▸ **Problem to work on**
Search the records for the string "them", then copy each line that has it.
*** Opening Extracted material ***
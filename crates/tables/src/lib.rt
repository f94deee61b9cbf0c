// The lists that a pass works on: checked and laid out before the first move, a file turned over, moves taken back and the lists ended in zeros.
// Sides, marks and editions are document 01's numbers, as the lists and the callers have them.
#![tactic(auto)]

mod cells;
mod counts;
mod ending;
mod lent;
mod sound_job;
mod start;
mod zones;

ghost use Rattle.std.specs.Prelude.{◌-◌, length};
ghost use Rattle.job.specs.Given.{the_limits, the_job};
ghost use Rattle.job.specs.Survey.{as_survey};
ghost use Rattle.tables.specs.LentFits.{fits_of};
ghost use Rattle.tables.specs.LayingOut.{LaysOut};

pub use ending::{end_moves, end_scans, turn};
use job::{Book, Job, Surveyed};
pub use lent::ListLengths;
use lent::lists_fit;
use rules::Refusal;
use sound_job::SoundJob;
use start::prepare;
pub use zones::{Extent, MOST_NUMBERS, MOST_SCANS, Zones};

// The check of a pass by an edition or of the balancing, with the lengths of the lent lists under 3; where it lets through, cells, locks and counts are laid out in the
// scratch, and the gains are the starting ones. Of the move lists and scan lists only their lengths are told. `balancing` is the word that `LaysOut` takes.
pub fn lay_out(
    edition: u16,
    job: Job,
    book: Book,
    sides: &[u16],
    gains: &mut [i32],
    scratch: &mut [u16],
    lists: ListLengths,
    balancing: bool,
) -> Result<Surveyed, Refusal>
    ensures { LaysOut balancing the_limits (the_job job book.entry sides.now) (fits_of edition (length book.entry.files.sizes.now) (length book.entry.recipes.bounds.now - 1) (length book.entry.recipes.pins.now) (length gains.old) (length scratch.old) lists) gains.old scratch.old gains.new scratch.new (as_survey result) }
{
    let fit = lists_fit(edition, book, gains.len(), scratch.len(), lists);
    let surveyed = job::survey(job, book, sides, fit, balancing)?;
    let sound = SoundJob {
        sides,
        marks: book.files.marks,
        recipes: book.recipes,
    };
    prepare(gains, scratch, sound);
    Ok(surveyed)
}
*** Closing Extracted material ***
*** Opening Extracted material ***
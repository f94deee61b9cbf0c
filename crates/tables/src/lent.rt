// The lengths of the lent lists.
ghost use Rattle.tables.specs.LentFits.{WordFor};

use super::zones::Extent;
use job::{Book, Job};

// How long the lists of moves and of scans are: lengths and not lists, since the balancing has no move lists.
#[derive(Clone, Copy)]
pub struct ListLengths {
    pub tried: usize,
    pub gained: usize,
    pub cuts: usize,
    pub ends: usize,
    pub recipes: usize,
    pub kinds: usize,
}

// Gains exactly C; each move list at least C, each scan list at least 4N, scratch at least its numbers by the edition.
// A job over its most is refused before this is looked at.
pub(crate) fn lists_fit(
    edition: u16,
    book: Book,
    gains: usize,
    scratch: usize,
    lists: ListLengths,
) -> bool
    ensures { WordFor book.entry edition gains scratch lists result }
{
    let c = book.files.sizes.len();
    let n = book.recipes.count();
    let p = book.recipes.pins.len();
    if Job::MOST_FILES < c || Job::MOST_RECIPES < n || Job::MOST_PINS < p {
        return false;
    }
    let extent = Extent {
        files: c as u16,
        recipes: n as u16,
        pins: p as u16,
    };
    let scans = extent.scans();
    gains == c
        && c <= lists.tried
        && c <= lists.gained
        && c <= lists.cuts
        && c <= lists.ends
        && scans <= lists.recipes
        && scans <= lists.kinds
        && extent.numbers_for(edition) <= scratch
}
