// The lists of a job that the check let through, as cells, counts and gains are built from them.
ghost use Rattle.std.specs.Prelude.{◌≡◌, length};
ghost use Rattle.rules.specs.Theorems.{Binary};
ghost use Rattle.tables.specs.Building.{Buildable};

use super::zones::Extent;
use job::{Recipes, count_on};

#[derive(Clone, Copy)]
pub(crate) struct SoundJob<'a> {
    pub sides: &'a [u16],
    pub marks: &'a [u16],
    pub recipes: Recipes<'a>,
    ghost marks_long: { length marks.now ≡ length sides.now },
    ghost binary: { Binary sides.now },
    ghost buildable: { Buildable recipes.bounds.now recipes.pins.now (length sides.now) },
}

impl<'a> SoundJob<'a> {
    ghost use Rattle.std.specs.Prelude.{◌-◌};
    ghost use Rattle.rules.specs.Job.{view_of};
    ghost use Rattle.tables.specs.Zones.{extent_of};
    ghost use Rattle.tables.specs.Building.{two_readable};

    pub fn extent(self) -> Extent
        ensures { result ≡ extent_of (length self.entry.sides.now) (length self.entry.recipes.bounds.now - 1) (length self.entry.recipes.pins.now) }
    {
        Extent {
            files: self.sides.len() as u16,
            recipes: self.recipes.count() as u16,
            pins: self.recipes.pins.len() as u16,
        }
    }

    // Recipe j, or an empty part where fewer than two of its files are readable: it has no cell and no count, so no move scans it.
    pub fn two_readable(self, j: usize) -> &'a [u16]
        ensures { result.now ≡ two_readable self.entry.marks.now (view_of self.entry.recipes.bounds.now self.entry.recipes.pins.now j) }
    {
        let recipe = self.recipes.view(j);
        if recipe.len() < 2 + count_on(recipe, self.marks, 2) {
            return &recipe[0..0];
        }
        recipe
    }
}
*** Closing Extracted material ***
*** Opening Extracted material ***
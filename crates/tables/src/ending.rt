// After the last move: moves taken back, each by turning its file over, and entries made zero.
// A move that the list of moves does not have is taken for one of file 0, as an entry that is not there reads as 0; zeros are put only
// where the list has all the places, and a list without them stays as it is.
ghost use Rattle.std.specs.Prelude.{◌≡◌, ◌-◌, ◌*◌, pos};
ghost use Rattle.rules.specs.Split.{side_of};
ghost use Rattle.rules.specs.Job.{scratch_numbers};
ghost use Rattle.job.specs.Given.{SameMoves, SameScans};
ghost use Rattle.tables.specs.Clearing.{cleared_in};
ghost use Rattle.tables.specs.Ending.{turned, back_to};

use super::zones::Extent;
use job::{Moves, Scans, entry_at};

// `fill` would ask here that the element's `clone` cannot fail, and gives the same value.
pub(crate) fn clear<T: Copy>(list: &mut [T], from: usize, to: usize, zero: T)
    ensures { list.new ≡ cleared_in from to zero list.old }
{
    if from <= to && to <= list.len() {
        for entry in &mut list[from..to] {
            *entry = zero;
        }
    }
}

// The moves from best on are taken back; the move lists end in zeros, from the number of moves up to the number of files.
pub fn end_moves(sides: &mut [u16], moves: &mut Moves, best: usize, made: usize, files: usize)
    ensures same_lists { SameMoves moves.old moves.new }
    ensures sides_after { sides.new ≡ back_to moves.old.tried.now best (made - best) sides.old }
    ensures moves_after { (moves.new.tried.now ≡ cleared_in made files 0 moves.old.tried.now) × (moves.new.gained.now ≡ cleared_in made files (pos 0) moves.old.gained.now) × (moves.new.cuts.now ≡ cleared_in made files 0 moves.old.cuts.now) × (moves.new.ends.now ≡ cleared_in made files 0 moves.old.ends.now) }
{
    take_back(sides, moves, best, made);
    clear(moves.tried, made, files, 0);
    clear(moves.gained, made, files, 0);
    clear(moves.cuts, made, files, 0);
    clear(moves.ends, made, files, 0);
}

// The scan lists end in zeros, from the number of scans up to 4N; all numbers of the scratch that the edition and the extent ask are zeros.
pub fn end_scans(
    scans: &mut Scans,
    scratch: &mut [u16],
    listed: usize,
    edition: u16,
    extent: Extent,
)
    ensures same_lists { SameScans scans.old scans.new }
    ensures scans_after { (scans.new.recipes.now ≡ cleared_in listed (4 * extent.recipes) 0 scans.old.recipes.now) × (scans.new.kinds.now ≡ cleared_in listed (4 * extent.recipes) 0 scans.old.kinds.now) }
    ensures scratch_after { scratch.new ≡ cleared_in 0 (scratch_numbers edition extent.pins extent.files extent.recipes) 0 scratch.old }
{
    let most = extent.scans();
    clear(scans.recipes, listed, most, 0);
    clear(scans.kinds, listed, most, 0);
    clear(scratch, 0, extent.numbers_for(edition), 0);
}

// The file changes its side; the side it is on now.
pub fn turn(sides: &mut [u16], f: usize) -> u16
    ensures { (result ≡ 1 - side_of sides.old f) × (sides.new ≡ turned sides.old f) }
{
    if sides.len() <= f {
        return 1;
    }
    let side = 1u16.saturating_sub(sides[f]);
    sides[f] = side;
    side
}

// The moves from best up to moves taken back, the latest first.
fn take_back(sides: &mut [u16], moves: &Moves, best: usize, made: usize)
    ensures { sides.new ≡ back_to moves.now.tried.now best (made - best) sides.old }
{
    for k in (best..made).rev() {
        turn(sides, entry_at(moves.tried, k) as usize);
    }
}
*** Closing Extracted material ***
▸ **Answer to this task**
// Sides, marks and editions are document 01's numbers, as the lists and the callers have them.
// The lists of a job that the check let through, as cells, counts and gains are built from them.
// where the list has all the places, and a list without them stays as it is.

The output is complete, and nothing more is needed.